:: Input material ::

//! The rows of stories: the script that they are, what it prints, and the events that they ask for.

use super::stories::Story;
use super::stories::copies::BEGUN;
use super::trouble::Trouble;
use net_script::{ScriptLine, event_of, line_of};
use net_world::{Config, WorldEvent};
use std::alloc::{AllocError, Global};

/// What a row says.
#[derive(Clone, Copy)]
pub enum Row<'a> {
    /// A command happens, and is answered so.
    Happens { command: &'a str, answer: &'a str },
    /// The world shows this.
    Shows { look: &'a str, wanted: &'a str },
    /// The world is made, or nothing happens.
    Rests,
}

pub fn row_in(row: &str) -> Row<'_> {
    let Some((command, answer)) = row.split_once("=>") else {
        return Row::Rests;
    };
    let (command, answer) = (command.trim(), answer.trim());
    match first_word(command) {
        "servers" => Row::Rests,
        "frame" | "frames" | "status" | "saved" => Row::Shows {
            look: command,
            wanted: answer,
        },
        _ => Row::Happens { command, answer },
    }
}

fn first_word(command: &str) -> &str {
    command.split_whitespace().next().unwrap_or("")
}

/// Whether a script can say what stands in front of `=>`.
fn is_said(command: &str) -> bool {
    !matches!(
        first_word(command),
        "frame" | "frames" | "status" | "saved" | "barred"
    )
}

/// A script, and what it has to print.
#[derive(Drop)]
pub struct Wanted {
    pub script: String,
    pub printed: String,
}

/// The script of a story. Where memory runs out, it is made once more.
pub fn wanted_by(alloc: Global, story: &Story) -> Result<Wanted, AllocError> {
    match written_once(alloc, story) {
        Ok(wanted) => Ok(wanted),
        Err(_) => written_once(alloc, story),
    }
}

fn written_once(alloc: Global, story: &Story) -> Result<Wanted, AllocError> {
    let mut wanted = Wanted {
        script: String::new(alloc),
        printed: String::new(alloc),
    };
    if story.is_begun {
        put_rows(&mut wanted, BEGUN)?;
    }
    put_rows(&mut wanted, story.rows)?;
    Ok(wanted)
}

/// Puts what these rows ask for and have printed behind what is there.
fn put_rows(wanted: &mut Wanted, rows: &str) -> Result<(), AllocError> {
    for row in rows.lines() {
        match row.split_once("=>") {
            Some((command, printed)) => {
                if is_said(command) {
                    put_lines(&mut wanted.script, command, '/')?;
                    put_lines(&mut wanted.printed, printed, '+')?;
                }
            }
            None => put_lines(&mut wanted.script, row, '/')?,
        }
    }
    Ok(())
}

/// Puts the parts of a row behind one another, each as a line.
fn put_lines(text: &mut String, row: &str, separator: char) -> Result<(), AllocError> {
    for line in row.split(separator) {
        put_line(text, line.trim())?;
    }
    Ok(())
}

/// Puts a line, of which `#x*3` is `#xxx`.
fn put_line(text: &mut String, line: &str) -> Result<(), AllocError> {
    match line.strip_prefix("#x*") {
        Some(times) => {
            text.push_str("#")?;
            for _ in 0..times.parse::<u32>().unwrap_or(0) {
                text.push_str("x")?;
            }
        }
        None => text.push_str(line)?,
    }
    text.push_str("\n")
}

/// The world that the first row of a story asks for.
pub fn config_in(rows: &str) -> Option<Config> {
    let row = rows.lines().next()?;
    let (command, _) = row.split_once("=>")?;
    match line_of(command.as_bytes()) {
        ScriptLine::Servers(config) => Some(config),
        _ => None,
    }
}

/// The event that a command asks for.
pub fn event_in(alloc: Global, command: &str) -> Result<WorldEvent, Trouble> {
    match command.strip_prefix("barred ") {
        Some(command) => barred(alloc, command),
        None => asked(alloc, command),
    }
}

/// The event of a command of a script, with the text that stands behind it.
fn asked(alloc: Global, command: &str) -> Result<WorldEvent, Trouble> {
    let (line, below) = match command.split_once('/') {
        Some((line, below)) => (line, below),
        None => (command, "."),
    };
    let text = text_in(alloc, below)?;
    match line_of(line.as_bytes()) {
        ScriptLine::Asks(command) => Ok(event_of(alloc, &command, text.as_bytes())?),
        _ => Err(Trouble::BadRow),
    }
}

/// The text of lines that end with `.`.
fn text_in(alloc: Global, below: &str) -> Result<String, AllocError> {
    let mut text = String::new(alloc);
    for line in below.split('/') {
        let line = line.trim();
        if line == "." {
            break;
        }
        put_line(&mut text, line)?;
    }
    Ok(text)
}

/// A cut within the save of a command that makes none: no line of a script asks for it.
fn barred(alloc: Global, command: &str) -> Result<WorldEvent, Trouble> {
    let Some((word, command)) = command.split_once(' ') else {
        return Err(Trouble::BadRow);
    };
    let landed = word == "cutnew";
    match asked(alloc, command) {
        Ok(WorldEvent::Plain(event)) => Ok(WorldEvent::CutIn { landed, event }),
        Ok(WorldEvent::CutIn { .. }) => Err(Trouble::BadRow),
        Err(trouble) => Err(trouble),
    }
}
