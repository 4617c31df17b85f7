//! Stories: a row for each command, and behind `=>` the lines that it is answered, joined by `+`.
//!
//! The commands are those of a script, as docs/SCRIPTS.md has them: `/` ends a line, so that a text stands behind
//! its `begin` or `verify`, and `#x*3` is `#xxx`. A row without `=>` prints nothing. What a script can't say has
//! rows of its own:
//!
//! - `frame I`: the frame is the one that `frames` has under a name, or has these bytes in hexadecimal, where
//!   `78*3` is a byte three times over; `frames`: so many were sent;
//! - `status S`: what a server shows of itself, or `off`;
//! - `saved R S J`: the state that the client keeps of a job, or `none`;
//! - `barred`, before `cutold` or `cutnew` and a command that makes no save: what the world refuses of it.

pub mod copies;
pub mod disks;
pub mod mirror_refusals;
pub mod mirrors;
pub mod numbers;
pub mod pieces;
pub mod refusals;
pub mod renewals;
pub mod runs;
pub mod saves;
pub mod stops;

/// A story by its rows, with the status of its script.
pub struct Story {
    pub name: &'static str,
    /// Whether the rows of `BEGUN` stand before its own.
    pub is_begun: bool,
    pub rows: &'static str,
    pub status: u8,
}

:::

* _About this exercise_: Line by line, copy the records exactly.

* _Finished exercise_:
//! The rows of stories: the script that they are, what it prints, and the events that they ask for.

use super::stories::Story;
use super::stories::copies::BEGUN;
use super::trouble::Trouble;
use net_script::{ScriptLine, event_of, line_of};
use net_world::{Config, WorldEvent};
use std::alloc::{AllocError, Global};

/// What a row says.
#[derive(Clone, Copy)]
pub enum Row<'a> {
    /// A command happens, and is answered so.
    Happens { command: &'a str, answer: &'a str },
    /// The world shows this.
    Shows { look: &'a str, wanted: &'a str },
    /// The world is made, or nothing happens.
    Rests,
}

pub fn row_in(row: &str) -> Row<'_> {
    let Some((command, answer)) = row.split_once("=>") else {
        return Row::Rests;
    };
    let (command, answer) = (command.trim(), answer.trim());
    match first_word(command) {
        "servers" => Row::Rests,
        "frame" | "frames" | "status" | "saved" => Row::Shows {
            look: command,
            wanted: answer,
        },
        _ => Row::Happens { command, answer },
    }
}

fn first_word(command: &str) -> &str {
    command.split_whitespace().next().unwrap_or("")
}

/// Whether a script can say what stands in front of `=>`.
fn is_said(command: &str) -> bool {
    !matches!(
        first_word(command),
        "frame" | "frames" | "status" | "saved" | "barred"
    )
}

/// A script, and what it has to print.
#[derive(Drop)]
pub struct Wanted {
    pub script: String,
    pub printed: String,
}

/// The script of a story. Where memory runs out, it is made once more.
pub fn wanted_by(alloc: Global, story: &Story) -> Result<Wanted, AllocError> {
    match written_once(alloc, story) {
        Ok(wanted) => Ok(wanted),
        Err(_) => written_once(alloc, story),
    }
}

fn written_once(alloc: Global, story: &Story) -> Result<Wanted, AllocError> {
    let mut wanted = Wanted {
        script: String::new(alloc),
        printed: String::new(alloc),
    };
    if story.is_begun {
        put_rows(&mut wanted, BEGUN)?;
    }
    put_rows(&mut wanted, story.rows)?;
    Ok(wanted)
}

/// Puts what these rows ask for and have printed behind what is there.
fn put_rows(wanted: &mut Wanted, rows: &str) -> Result<(), AllocError> {
    for row in rows.lines() {
        match row.split_once("=>") {
            Some((command, printed)) => {
                if is_said(command) {
                    put_lines(&mut wanted.script, command, '/')?;
                    put_lines(&mut wanted.printed, printed, '+')?;
                }
            }
            None => put_lines(&mut wanted.script, row, '/')?,
        }
    }
    Ok(())
}

/// Puts the parts of a row behind one another, each as a line.
fn put_lines(text: &mut String, row: &str, separator: char) -> Result<(), AllocError> {
    for line in row.split(separator) {
        put_line(text, line.trim())?;
    }
    Ok(())
}

/// Puts a line, of which `#x*3` is `#xxx`.
fn put_line(text: &mut String, line: &str) -> Result<(), AllocError> {
    match line.strip_prefix("#x*") {
        Some(times) => {
            text.push_str("#")?;
            for _ in 0..times.parse::<u32>().unwrap_or(0) {
                text.push_str("x")?;
            }
        }
        None => text.push_str(line)?,
    }
    text.push_str("\n")
}

/// The world that the first row of a story asks for.
pub fn config_in(rows: &str) -> Option<Config> {
    let row = rows.lines().next()?;
    let (command, _) = row.split_once("=>")?;
    match line_of(command.as_bytes()) {
        ScriptLine::Servers(config) => Some(config),
        _ => None,
    }
}

/// The event that a command asks for.
pub fn event_in(alloc: Global, command: &str) -> Result<WorldEvent, Trouble> {
    match command.strip_prefix("barred ") {
        Some(command) => barred(alloc, command),
        None => asked(alloc, command),
    }
}

/// The event of a command of a script, with the text that stands behind it.
fn asked(alloc: Global, command: &str) -> Result<WorldEvent, Trouble> {
    let (line, below) = match command.split_once('/') {
        Some((line, below)) => (line, below),
        None => (command, "."),
    };
    let text = text_in(alloc, below)?;
    match line_of(line.as_bytes()) {
        ScriptLine::Asks(command) => Ok(event_of(alloc, &command, text.as_bytes())?),
        _ => Err(Trouble::BadRow),
    }
}

/// The text of lines that end with `.`.
fn text_in(alloc: Global, below: &str) -> Result<String, AllocError> {
    let mut text = String::new(alloc);
    for line in below.split('/') {
        let line = line.trim();
        if line == "." {
            break;
        }
        put_line(&mut text, line)?;
    }
    Ok(text)
}

/// A cut within the save of a command that makes none: no line of a script asks for it.
fn barred(alloc: Global, command: &str) -> Result<WorldEvent, Trouble> {
    let Some((word, command)) = command.split_once(' ') else {
        return Err(Trouble::BadRow);
    };
    let landed = word == "cutnew";
    match asked(alloc, command) {
        Ok(WorldEvent::Plain(event)) => Ok(WorldEvent::CutIn { landed, event }),
        Ok(WorldEvent::CutIn { .. }) => Err(Trouble::BadRow),
        Err(trouble) => Err(trouble),
    }
}
repository 4617c31df17b85f7
//! Stories: a row for each command, and behind `=>` the lines that it is answered, joined by `+`.
//!
//! The commands are those of a script, as docs/SCRIPTS.md has them: `/` ends a line, so that a text stands behind
//! its `begin` or `verify`, and `#x*3` is `#xxx`. A row without `=>` prints nothing. What a script can't say has
//! rows of its own:
//!
//! - `frame I`: the frame is the one that `frames` has under a name, or has these bytes in hexadecimal, where
//!   `78*3` is a byte three times over; `frames`: so many were sent;
//! - `status S`: what a server shows of itself, or `off`;
//! - `saved R S J`: the state that the client keeps of a job, or `none`;
//! - `barred`, before `cutold` or `cutnew` and a command that makes no save: what the world refuses of it.

pub mod copies;
pub mod disks;
pub mod mirror_refusals;
pub mod mirrors;
pub mod numbers;
pub mod pieces;
pub mod refusals;
pub mod renewals;
pub mod runs;
pub mod saves;
pub mod stops;

/// A story by its rows, with the status of its script.
pub struct Story {
    pub name: &'static str,
    /// Whether the rows of `BEGUN` stand before its own.
    pub is_begun: bool,
    pub rows: &'static str,
    pub status: u8,
}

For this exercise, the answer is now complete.